As I was waiting for my car oil change to get done, I started reading one of the better articles written on the topic of global climate changed caused by CO2. I read this article in the Nature Conservancy magazine. One of my new year resolutions is to read all the amazing magazines lying around the house..so we are off to a good start here.
We all know that lack of trees caused worldwide by massive deforestation (cutting of forests) is a major cause of increased carbon gases in the atmosphere (aka GHGs- green house gases). It’s therefore simple logic that planting of trees should reverse this huge problem. Forest protection is now seen as one of the most powerful and cost-effective tools we have to combat climate change,
Some interesting statistics:
1. 32 million acres of woodland are cleared each year.
2. Tropical forests alone absorb nearly one-fifth of the annual emissions of CO2
3. Logging and forest loss account for 17 percent of the emissions responsible for climate change — more than from all the planes, trains and automobiles on Earth.
4. Price of an offset in the US-A company can purchase a credit for a metric ton (2,200 pounds) of CO2 for about 25 cents.
5.The cost of burning a gallon of gasoline in a car, which releases about 19 pounds of CO2 into the atmosphere is $3.50 (nat. avg)6. Each tree, each blade of grass is about half carbon. The total carbon stored in all of the forests in the world together adds up to about 1 trillion tons—about 1.5 times the amount found in the atmosphere.
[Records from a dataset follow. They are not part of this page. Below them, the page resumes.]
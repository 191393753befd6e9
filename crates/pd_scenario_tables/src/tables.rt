//! What stands at a key of a table, and the refusals of one table.

ghost use Rattle.std.specs.Prelude.{◌≡◌, ◌&&◌, map, is_none, option_map, IfOk};
ghost use Rattle.std.specs.List.{filter_map};
ghost use Rattle.toml.specs.Data.{get_member, as_table};
ghost use Rattle.toml.specs.View.{view, table_view};
ghost use Rattle.pd_scenario_tables.specs.Seen.{views};
ghost use Rattle.pd_scenario_tables.specs.Tables.{value_at, whole_in, truth_in, word_at, elements_at, tables_at, version_at, event_at};
ghost use Rattle.pd_scenario_tables.specs.Tables.{has_key, has_unknown_key, is_required, lacks_key, value_fails, some_value_fails, fails};
ghost use Rattle.pd_scenario_tables.specs.Tables.{event_fails};
ghost use Rattle.pd_scenario_tables.specs.Values.{passes};

use crate::fault::ScenarioFault;
use crate::schema::{EventName, Key, Need, Rule, TableKind, Version, rules_of};
use crate::values::{elements_of, passes, truth_of, whole_of, word_of};
use crate::words::{event_named, version_of};
use std::alloc::{AllocError, Global};
use toml::{Table, Value};

/// The value at a key.
pub fn value_at(table: &Table, key: Key) -> Option<&Value>
    ensures { option_map (λ v. view v.now) result ≡ value_at key (table_view table.now) }
{
    table.get(key.text())
}

/// The whole number at a key, or another where it is absent.
pub fn whole_at(table: &Table, key: Key, otherwise: i64) -> i64
    ensures { result ≡ whole_in (value_at key (table_view table.now)) otherwise }
{
    match value_at(table, key) {
        Some(value) => whole_of(value),
        None => otherwise,
    }
}

/// The truth at a key, or another where it is absent.
pub fn truth_at(table: &Table, key: Key, otherwise: bool) -> bool
    ensures { result ≡ truth_in (value_at key (table_view table.now)) otherwise }
{
    match value_at(table, key) {
        Some(value) => truth_of(value),
        None => otherwise,
    }
}

/// The text at a key.
pub fn word_at(table: &Table, key: Key) -> &str
    ensures { result.now ≡ word_at key (table_view table.now) }
{
    match value_at(table, key) {
        Some(value) => word_of(value),
        None => "",
    }
}

/// The elements of the array at a key.
pub fn elements_at(table: &Table, key: Key) -> &[Value]
    ensures { map view result.now ≡ elements_at key (table_view table.now) }
{
    match value_at(table, key) {
        Some(value) => elements_of(value),
        None => &[],
    }
}

/// The tables of the array at a key.
pub fn tables_at<'a>(
    alloc: Global,
    table: &'a Table,
    key: Key,
) -> Result<Vec<&'a Table>, AllocError>
    ensures { IfOk result (λ v. views v.items ≡ tables_at key (table_view table.now)) }
{
    tables_of(alloc, elements_at(table, key))
}

fn tables_of<'a>(alloc: Global, items: &'a [Value]) -> Result<Vec<&'a Table>, AllocError>
    ensures { IfOk result (λ v. views v.items ≡ filter_map (λ v. as_table (view v)) items.now) }
{
    let mut tables = Vec::new(alloc);
    for item in items {
        if let Some(table) = item.as_table() {
            tables.push(table)?;
        }
    }
    Ok(tables)
}

/// The version of a file.
pub fn version_at(table: &Table) -> Version
    ensures { result ≡ version_at (table_view table.now) }
{
    version_of(whole_at(table, Key::Version, 0)).unwrap_or(Version::One)
}

/// What an event's kind says.
pub fn event_at(version: Version, table: &Table) -> EventName
    ensures { result ≡ event_at version (table_view table.now) }
{
    event_named(version, word_at(table, Key::Kind))
}

/// Whether a rule has a key.
pub fn has_key(rules: &[Rule], key: &str) -> bool
    ensures { result ≡ has_key rules.now key.now }
{
    rules.iter().any(|rule| key == rule.key.text())
}

pub fn has_unknown_key(rules: &[Rule], table: &Table) -> bool
    ensures { result ≡ has_unknown_key rules.now (table_view table.now) }
{
    table.keys().any(|key| !has_key(rules, key.as_str()))
}

/// Whether nothing may stand for a key that is absent.
pub fn is_required(need: Need) -> bool
    ensures { result ≡ is_required need }
{
    match need {
        Need::Required => true,
        Need::Nothing | Need::Number(_) | Need::Truth(_) | Need::Mode(_) => false,
    }
}

fn lacks(rule: &Rule, table: &Table) -> bool
    ensures { result ≡ (is_required rule.now.need && is_none (value_at rule.now.key (table_view table.now))) }
{
    is_required(rule.need) && value_at(table, rule.key).is_none()
}

fn lacks_key(rules: &[Rule], table: &Table) -> bool
    ensures { result ≡ lacks_key rules.now (table_view table.now) }
{
    rules.iter().any(|rule| lacks(rule, table))
}

fn value_fails(
    fault: ScenarioFault,
    version: Version,
    ports: u64,
    rule: &Rule,
    table: &Table,
) -> bool
    ensures { result ≡ value_fails (passes fault version ports rule.now.form) (value_at rule.now.key (table_view table.now)) }
{
    match value_at(table, rule.key) {
        Some(value) => !passes(fault, version, ports, rule.form, value),
        None => false,
    }
}

fn some_value_fails(
    fault: ScenarioFault,
    version: Version,
    ports: u64,
    rules: &[Rule],
    table: &Table,
) -> bool
    ensures { result ≡ some_value_fails fault version ports rules.now (table_view table.now) }
{
    rules
        .iter()
        .any(|rule| value_fails(fault, version, ports, rule, table))
}

/// Whether a refusal applies to a table of a kind, in a file of a version for so many ports.
#[tactic(auto, unfolding(crate::specs::Tables::fails))]
pub fn fails(
    fault: ScenarioFault,
    version: Version,
    ports: u64,
    kind: TableKind,
    table: &Table,
) -> bool
    ensures { result ≡ fails fault version ports kind (table_view table.now) }
{
    let rules = rules_of(version, kind);
    match fault {
        ScenarioFault::UnknownKey => has_unknown_key(rules, table),
        ScenarioFault::MissingKey => lacks_key(rules, table),
        _ => some_value_fails(fault, version, ports, rules, table),
    }
}

/// Whether a refusal applies to the table of an event, whose kind its word tells.
pub fn event_fails(fault: ScenarioFault, version: Version, ports: u64, table: &Table) -> bool
    ensures { result ≡ event_fails fault version ports (table_view table.now) }
{
    let kind = TableKind::Event(event_at(version, table));
    fails(fault, version, ports, kind, table)
}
7. 32 million acres of forest worldwide are cleared each year — an astonishing acre per second
My version of some oft heard terms:
1. Carbon Sequestration: A technique for the long-term storage of carbon dioxide or other forms of carbon, for the mitigation of global warming. Carbon dioxide is usually captured from the atmosphere through biological, chemical or physical processes.
2. Climate treaty: World leaders met in Copenhagen in Dec 09 to design a new international climate treaty to replace the provisions of the Kyoto Protocol that expire in 2012.
3. Carbon trading via offsets: It is one of the ways countries can meet their obligations under the Kyoto Protocol to reduce carbon emissions and thereby mitigate global warming. If a company releases too much CO2 into the air they can pay for that by buying carbon offsets from the government or another company that hasn’t used up it’s share of CO2.
Experiment conducted in Bolivia by nature conservancy:
They first solved the equation that Xtrees = Ytons carbon.
The amount of carbon the project was preventing from being released to the atmosphere was 5.8 million metric tons of CO2 over 30 years. “That’s the equivalent of taking more than a million cars off the road for a year.
Next they calculated Ytons carbon = Z$ saved
The money companies pay for the carbon offsets goes towards conservation efforts. For example, Pacific Gas & Electric Co. (PG&E), a large utility company based in California, has agreed to purchase 200,000 metric tons of carbon offsets as part of its ClimateSmart program. The Conservation Fund will receive more than $2 million from the company’s program, which is voluntarily funded by utility ratepayers. Carbon is helping fix the forest.
And the last part of the puzzle was calculating YTons Carbon = N Local Jobs
Nations might be more willing to protect forests and slow emissions rates when there are financial incentives to do so.